### Exercise
Show all lines from the data that include the word "code".

------ Dataset excerpts

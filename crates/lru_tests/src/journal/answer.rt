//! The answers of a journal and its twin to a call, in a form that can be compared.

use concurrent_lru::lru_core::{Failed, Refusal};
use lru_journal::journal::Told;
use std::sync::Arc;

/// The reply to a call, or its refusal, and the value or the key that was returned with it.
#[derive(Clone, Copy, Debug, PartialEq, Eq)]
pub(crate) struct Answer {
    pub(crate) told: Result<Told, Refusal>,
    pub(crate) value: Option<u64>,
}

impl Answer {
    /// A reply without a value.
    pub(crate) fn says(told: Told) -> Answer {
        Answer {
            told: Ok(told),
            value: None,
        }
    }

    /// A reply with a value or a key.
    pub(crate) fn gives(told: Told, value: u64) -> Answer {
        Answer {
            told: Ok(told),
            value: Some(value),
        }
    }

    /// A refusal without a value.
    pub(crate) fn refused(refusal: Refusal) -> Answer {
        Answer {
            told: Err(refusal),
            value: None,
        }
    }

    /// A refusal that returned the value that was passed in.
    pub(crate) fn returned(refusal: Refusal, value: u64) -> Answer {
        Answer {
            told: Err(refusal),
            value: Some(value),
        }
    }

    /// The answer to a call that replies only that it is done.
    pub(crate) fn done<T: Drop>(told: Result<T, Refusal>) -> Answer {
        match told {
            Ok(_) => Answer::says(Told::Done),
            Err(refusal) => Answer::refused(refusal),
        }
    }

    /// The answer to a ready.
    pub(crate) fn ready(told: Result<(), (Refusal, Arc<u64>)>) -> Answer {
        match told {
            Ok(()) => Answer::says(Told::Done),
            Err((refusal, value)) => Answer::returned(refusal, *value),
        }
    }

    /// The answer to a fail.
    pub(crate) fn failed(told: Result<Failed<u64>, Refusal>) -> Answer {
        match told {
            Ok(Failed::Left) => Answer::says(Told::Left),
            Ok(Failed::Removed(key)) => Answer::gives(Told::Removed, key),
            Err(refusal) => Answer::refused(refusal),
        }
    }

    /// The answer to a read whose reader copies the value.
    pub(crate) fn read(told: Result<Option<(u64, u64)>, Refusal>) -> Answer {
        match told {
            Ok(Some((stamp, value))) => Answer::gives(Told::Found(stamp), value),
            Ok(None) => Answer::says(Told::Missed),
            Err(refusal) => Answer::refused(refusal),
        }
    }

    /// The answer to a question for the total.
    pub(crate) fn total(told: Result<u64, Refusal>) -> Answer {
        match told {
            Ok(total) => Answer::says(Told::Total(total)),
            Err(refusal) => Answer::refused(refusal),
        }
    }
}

------------
------ Dataset excerpts

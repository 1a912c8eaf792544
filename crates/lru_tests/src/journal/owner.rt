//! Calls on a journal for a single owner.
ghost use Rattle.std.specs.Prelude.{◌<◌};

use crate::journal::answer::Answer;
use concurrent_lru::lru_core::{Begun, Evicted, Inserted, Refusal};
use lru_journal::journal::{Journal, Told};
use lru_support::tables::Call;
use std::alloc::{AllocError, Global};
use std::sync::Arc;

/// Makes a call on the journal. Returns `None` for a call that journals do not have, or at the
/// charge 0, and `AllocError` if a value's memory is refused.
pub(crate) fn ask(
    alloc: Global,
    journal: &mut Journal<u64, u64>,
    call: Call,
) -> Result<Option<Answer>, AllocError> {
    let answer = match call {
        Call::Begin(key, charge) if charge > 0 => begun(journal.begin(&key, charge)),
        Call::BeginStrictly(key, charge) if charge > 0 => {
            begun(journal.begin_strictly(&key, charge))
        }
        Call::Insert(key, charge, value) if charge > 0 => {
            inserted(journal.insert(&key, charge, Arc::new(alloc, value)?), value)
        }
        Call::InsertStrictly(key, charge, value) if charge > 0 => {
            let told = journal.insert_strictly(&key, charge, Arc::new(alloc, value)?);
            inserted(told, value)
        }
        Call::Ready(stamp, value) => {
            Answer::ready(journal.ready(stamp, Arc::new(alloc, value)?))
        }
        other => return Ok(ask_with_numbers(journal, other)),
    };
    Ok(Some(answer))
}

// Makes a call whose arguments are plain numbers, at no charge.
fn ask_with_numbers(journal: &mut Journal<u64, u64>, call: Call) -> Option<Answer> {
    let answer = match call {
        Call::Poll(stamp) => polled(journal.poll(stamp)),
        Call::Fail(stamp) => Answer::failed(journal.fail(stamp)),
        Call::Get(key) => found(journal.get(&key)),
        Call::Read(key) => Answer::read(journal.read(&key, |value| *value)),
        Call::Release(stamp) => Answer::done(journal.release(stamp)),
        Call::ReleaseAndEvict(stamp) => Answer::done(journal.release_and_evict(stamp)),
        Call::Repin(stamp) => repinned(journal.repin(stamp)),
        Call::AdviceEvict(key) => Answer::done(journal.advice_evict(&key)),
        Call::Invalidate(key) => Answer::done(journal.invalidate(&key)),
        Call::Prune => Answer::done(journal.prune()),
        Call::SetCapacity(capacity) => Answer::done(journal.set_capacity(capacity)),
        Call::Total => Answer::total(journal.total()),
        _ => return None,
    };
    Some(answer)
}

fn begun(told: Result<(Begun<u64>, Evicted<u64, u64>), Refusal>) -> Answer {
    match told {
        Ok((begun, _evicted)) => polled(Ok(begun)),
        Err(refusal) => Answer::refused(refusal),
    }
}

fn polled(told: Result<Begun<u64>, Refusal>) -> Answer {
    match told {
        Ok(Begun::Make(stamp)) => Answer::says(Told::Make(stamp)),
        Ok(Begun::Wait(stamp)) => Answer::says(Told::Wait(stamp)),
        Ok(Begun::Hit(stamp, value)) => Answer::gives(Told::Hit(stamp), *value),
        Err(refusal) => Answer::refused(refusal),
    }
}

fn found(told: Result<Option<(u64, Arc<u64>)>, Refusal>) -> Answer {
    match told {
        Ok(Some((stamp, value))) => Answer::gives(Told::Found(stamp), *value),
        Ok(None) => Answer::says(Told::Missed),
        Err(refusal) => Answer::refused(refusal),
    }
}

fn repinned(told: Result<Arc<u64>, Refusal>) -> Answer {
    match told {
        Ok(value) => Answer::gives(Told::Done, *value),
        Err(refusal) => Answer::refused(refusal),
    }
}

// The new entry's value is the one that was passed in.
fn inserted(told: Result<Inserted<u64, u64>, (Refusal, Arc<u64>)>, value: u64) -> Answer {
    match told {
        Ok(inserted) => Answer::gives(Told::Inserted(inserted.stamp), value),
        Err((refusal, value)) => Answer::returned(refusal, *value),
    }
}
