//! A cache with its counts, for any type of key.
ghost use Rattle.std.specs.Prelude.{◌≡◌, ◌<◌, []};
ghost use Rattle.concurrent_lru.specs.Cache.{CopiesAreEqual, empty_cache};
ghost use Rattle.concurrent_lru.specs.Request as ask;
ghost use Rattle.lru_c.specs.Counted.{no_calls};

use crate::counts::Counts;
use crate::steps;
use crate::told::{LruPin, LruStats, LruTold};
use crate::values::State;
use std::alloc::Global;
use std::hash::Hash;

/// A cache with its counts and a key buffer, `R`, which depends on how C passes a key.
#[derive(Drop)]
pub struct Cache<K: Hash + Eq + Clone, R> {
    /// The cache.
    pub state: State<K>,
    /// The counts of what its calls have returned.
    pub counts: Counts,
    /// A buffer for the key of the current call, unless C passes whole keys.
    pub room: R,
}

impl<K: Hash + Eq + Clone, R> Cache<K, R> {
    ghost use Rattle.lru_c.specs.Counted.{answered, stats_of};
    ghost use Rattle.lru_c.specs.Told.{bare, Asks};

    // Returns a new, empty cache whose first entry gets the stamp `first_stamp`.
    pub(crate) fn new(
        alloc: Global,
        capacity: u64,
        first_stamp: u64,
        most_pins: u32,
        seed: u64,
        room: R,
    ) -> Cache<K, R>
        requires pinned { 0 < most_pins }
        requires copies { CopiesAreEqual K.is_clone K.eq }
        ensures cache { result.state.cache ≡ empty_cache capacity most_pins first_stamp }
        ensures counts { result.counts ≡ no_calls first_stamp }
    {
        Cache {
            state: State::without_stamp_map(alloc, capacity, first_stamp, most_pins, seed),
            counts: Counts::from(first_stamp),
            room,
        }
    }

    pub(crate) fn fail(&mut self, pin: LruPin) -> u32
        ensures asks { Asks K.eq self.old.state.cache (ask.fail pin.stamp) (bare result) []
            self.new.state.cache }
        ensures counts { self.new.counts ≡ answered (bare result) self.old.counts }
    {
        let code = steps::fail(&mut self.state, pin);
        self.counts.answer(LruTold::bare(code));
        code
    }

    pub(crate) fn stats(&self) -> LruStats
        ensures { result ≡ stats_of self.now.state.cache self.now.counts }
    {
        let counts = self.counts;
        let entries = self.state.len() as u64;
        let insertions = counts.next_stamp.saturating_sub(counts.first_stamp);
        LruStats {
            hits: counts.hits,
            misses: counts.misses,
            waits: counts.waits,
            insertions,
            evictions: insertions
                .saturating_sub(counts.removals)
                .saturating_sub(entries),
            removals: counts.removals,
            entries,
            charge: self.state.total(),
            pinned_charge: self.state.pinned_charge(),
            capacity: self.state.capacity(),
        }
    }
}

------------

### Final answer
        let code = steps::fail(&mut self.state, pin);
        self.counts.answer(LruTold::bare(code));
        code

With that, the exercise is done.